**Problem to work on:**
Your task is to retype each line of the data below exactly.

**Supplied material:**
:::::
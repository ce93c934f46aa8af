//! The records of a session are heard again when it is opened.

ghost use Rattle.std.specs.Prelude.{◌≡◌, ◌≢◌, ◌+◌, ◌*◌, ◌≤◌, [], Some, true, false, MatchOption};
ghost use Rattle.std.specs.Bool.{MatchBool};
ghost use Rattle.flash_session.specs.Serving.{FlashReads};
ghost use Rattle.frag_session.specs.Session.{Session};
ghost use Rattle.frag_session.specs.HeldHistory.{Stands};
ghost use Rattle.frag_session.specs.HeldSteps.{extent_of};
ghost use Rattle.flash_session.specs.Layout.{records_place};
ghost use Rattle.flash_session.specs.Replayed.{Replayed, StopsAt};

use crate::flash::{Failed, Flash};
use crate::layout::RECORDS;
use crate::reading::read_record;
use frag_session::{Heard, News, Slot, Via};

/// Hears the first `records` records of a session again. Returns the first of them that is dropped or not new.
pub fn replay<F: Flash, const W: usize, const B: usize>(
    flash: &mut F,
    base: u32,
    size: u8,
    records: u16,
    slot: &mut Slot<W, B>,
) -> Result<Option<u16>, Failed>
    requires { base + records_place + (10 + size) * records ≤ (F.seen flash.old).room }
    ensures replayed { FlashReads
        (λ o holds. (s : Session) → s.heard ≡ [] → Stands slot.old (Some s)
        → MatchOption o (Replayed s slot.new holds base size records)
        (λ k. (k + 1 ≤ records) × StopsAt s holds base size k))
        (F.seen flash.old) (F.seen flash.new) result }
    ensures extent { extent_of slot.new ≡ extent_of slot.old }
{
    for k in 0..records {
        if !replay_one(flash, base, size, k, slot)? {
            return Ok(Some(k));
        }
    }
    Ok(None)
}

/// Hears record `k` again, and says whether it was new.
fn replay_one<F: Flash, const W: usize, const B: usize>(
    flash: &mut F,
    base: u32,
    size: u8,
    k: u16,
    slot: &mut Slot<W, B>,
) -> Result<bool, Failed>
    requires { base + records_place + (10 + size) * (k + 1) ≤ (F.seen flash.old).room }
    ensures replayed { FlashReads
        (λ new holds. (s : Session) → Replayed s slot.old (F.seen flash.old).holds base size k
        → MatchBool new (Replayed s slot.new holds base size (k + 1)) (StopsAt s holds base size k))
        (F.seen flash.old) (F.seen flash.new) result }
    ensures extent { extent_of slot.new ≡ extent_of slot.old }
{
    let mut bytes = [0; 255];
    let part = &mut bytes[..size as usize];
    let at = base + RECORDS + (10 + size as u32) * k as u32;
    let (n, mark) = read_record(flash, at, part)?;
    let heard = slot.fragment(Via::Unicast, n, part, mark);
    Ok(is_new(heard))
}

/// Says whether a fragment was heard and new.
fn is_new(heard: Heard) -> bool
    ensures yes { result ≡ true → heard ≡ Heard.Fed News.New }
    ensures no { result ≡ false → heard ≢ Heard.Fed News.New }
{
    match heard {
        Heard::Fed(News::New) => true,
        Heard::Fed(News::Old) => false,
        Heard::Dropped(_) => false,
    }
}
:::::
**Task output:**
repository ce93c934f46aa8af
//! The records of a session are heard again when it is opened.

ghost use Rattle.std.specs.Prelude.{◌≡◌, ◌≢◌, ◌+◌, ◌*◌, ◌≤◌, [], Some, true, false, MatchOption};
ghost use Rattle.std.specs.Bool.{MatchBool};
ghost use Rattle.flash_session.specs.Serving.{FlashReads};
ghost use Rattle.frag_session.specs.Session.{Session};
ghost use Rattle.frag_session.specs.HeldHistory.{Stands};
ghost use Rattle.frag_session.specs.HeldSteps.{extent_of};
ghost use Rattle.flash_session.specs.Layout.{records_place};
ghost use Rattle.flash_session.specs.Replayed.{Replayed, StopsAt};

use crate::flash::{Failed, Flash};
use crate::layout::RECORDS;
use crate::reading::read_record;
use frag_session::{Heard, News, Slot, Via};

/// Hears the first `records` records of a session again. Returns the first of them that is dropped or not new.
pub fn replay<F: Flash, const W: usize, const B: usize>(
    flash: &mut F,
    base: u32,
    size: u8,
    records: u16,
    slot: &mut Slot<W, B>,
) -> Result<Option<u16>, Failed>
    requires { base + records_place + (10 + size) * records ≤ (F.seen flash.old).room }
    ensures replayed { FlashReads
        (λ o holds. (s : Session) → s.heard ≡ [] → Stands slot.old (Some s)
        → MatchOption o (Replayed s slot.new holds base size records)
        (λ k. (k + 1 ≤ records) × StopsAt s holds base size k))
        (F.seen flash.old) (F.seen flash.new) result }
    ensures extent { extent_of slot.new ≡ extent_of slot.old }
{
    for k in 0..records {
        if !replay_one(flash, base, size, k, slot)? {
            return Ok(Some(k));
        }
    }
    Ok(None)
}

/// Hears record `k` again, and says whether it was new.
fn replay_one<F: Flash, const W: usize, const B: usize>(
    flash: &mut F,
    base: u32,
    size: u8,
    k: u16,
    slot: &mut Slot<W, B>,
) -> Result<bool, Failed>
    requires { base + records_place + (10 + size) * (k + 1) ≤ (F.seen flash.old).room }
    ensures replayed { FlashReads
        (λ new holds. (s : Session) → Replayed s slot.old (F.seen flash.old).holds base size k
        → MatchBool new (Replayed s slot.new holds base size (k + 1)) (StopsAt s holds base size k))
        (F.seen flash.old) (F.seen flash.new) result }
    ensures extent { extent_of slot.new ≡ extent_of slot.old }
{
    let mut bytes = [0; 255];
    let part = &mut bytes[..size as usize];
    let at = base + RECORDS + (10 + size as u32) * k as u32;
    let (n, mark) = read_record(flash, at, part)?;
    let heard = slot.fragment(Via::Unicast, n, part, mark);
    Ok(is_new(heard))
}

/// Says whether a fragment was heard and new.
fn is_new(heard: Heard) -> bool
    ensures yes { result ≡ true → heard ≡ Heard.Fed News.New }
    ensures no { result ≡ false → heard ≢ Heard.Fed News.New }
{
    match heard {
        Heard::Fed(News::New) => true,
        Heard::Fed(News::Old) => false,
        Heard::Dropped(_) => false,
    }
}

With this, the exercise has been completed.